◆ EXERCISE
Report every line of the entries that contains the word "transactions".

Dataset entries:
================
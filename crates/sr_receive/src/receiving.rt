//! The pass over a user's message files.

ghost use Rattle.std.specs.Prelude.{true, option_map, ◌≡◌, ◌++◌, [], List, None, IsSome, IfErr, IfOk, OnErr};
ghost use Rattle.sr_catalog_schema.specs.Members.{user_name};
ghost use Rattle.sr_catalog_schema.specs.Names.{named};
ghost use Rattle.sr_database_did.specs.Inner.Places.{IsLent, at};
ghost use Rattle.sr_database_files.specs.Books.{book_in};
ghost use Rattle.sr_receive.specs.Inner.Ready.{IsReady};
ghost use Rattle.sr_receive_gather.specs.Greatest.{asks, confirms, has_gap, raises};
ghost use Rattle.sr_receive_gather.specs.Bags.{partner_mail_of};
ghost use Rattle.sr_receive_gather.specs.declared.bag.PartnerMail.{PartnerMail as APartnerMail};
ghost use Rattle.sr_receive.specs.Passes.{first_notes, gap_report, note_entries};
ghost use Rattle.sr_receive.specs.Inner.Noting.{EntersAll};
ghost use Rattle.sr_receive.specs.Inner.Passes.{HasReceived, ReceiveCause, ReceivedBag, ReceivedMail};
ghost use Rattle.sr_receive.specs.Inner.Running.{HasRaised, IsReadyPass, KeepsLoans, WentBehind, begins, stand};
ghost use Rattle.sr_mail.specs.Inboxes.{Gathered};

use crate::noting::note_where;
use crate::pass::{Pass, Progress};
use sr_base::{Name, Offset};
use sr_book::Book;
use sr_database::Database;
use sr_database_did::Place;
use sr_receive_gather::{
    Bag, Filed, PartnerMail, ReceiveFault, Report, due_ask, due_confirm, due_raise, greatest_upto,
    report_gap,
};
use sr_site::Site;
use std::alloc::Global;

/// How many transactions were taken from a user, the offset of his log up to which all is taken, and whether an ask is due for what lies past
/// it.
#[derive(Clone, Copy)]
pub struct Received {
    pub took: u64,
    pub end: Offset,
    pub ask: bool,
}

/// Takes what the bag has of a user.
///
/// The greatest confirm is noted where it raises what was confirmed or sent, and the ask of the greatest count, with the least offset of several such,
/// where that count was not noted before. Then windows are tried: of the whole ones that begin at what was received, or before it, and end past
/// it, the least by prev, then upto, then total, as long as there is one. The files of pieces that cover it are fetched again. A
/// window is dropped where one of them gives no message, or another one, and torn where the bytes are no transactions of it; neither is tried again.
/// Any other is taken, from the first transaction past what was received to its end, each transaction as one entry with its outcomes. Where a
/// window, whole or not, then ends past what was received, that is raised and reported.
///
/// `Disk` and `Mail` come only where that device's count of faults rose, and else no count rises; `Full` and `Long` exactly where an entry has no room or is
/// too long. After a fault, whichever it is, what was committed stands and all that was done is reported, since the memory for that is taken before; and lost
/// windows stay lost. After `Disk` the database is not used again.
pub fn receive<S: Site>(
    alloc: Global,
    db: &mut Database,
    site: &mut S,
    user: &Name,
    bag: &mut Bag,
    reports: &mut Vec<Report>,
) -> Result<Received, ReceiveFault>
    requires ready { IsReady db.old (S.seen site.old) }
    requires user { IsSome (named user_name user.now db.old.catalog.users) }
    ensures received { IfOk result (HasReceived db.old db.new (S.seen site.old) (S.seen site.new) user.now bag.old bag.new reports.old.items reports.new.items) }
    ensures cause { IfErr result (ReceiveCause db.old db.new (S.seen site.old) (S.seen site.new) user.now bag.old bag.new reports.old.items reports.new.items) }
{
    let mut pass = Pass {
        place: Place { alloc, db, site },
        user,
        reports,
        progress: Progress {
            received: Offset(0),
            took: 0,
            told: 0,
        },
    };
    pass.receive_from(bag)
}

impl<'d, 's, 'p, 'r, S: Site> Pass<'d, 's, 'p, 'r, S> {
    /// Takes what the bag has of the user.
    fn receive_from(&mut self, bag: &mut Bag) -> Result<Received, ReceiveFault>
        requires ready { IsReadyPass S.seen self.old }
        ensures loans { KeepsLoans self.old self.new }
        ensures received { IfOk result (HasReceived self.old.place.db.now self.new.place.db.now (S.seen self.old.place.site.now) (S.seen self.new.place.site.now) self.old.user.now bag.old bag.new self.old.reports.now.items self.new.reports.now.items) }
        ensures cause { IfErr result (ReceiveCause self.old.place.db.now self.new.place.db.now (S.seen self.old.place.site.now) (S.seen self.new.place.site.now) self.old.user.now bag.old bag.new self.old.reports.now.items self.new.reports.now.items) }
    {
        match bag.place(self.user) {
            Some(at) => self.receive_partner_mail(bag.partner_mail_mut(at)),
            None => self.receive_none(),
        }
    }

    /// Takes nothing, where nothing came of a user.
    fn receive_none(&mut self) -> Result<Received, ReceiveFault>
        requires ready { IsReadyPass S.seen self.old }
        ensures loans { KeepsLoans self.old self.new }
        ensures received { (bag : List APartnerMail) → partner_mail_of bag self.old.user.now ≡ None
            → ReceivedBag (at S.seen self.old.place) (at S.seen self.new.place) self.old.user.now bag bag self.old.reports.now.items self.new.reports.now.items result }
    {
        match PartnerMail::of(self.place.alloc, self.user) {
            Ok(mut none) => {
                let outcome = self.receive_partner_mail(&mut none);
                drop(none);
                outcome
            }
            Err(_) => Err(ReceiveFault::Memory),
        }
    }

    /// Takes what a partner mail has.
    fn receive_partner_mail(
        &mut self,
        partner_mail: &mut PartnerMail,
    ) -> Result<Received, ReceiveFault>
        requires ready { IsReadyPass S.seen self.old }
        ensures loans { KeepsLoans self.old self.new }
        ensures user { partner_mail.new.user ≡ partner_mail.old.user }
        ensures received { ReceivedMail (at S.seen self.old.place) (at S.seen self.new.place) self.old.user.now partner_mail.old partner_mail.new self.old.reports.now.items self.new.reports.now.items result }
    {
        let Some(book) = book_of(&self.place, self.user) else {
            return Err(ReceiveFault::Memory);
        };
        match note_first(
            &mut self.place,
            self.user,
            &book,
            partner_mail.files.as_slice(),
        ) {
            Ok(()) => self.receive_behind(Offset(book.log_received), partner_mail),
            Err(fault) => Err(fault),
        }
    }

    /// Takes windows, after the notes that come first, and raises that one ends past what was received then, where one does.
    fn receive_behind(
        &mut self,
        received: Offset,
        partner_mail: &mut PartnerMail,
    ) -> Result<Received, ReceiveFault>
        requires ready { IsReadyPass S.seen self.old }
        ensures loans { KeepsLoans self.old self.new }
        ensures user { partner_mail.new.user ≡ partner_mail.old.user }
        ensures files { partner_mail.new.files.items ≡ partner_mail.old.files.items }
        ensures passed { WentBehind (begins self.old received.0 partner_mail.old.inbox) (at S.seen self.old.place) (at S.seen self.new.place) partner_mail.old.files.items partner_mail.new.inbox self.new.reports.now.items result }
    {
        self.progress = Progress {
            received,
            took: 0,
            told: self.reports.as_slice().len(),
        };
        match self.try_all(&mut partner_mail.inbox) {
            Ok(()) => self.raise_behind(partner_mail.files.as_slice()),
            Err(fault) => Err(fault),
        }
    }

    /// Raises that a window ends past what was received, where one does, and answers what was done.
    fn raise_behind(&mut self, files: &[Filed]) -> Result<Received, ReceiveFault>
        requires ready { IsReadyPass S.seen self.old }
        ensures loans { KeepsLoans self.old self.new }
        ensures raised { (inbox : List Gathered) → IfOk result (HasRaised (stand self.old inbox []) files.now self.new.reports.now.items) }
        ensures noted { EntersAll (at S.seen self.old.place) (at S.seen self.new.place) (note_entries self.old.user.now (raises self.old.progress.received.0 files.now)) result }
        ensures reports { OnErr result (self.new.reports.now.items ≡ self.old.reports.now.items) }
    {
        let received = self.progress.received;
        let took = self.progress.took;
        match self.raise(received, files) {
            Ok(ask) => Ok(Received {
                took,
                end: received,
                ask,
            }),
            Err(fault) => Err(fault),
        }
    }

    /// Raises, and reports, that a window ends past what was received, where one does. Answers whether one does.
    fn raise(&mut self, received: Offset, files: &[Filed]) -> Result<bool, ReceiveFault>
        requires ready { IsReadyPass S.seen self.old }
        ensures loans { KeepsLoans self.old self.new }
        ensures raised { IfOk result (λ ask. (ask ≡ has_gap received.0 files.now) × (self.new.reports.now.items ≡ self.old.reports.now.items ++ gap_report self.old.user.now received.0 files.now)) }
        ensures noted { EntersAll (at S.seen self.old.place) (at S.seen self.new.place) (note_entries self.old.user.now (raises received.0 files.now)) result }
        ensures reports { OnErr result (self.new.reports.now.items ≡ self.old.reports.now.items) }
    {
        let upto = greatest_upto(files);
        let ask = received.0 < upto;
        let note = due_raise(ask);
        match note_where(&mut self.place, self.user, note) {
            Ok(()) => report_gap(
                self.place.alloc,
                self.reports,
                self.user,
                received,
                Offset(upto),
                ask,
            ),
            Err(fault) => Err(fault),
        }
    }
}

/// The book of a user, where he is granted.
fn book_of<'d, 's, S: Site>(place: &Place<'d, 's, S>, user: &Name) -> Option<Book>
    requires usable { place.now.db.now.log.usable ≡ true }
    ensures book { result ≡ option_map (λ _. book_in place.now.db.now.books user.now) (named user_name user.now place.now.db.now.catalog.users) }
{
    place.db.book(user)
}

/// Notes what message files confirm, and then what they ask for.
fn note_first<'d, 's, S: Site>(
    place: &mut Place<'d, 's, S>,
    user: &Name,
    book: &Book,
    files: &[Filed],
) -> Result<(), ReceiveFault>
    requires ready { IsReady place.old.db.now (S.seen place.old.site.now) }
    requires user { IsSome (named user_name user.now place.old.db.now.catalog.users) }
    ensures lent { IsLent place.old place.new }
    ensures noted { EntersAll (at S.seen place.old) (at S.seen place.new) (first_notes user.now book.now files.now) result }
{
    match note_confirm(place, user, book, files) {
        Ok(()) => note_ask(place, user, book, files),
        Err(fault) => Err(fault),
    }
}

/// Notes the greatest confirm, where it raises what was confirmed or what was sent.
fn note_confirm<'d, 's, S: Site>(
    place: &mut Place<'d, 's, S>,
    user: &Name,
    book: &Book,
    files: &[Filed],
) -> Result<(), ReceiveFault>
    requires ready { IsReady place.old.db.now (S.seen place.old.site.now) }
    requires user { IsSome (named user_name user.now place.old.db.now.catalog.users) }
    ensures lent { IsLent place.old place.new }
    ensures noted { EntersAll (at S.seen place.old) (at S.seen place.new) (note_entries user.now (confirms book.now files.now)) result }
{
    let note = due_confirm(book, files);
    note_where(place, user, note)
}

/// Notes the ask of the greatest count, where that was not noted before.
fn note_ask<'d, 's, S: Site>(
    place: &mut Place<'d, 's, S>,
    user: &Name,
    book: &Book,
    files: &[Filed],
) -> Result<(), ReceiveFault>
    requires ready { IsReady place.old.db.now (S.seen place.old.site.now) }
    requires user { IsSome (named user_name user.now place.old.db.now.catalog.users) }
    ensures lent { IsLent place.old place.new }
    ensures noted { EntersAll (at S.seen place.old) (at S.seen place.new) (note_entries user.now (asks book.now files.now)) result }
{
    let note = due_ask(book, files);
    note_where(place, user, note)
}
================
◆ SOLUTION TO THE EXERCISE
/// How many transactions were taken from a user, the offset of his log up to which all is taken, and whether an ask is due for what lies past
/// window is dropped where one of them gives no message, or another one, and torn where the bytes are no transactions of it; neither is tried again.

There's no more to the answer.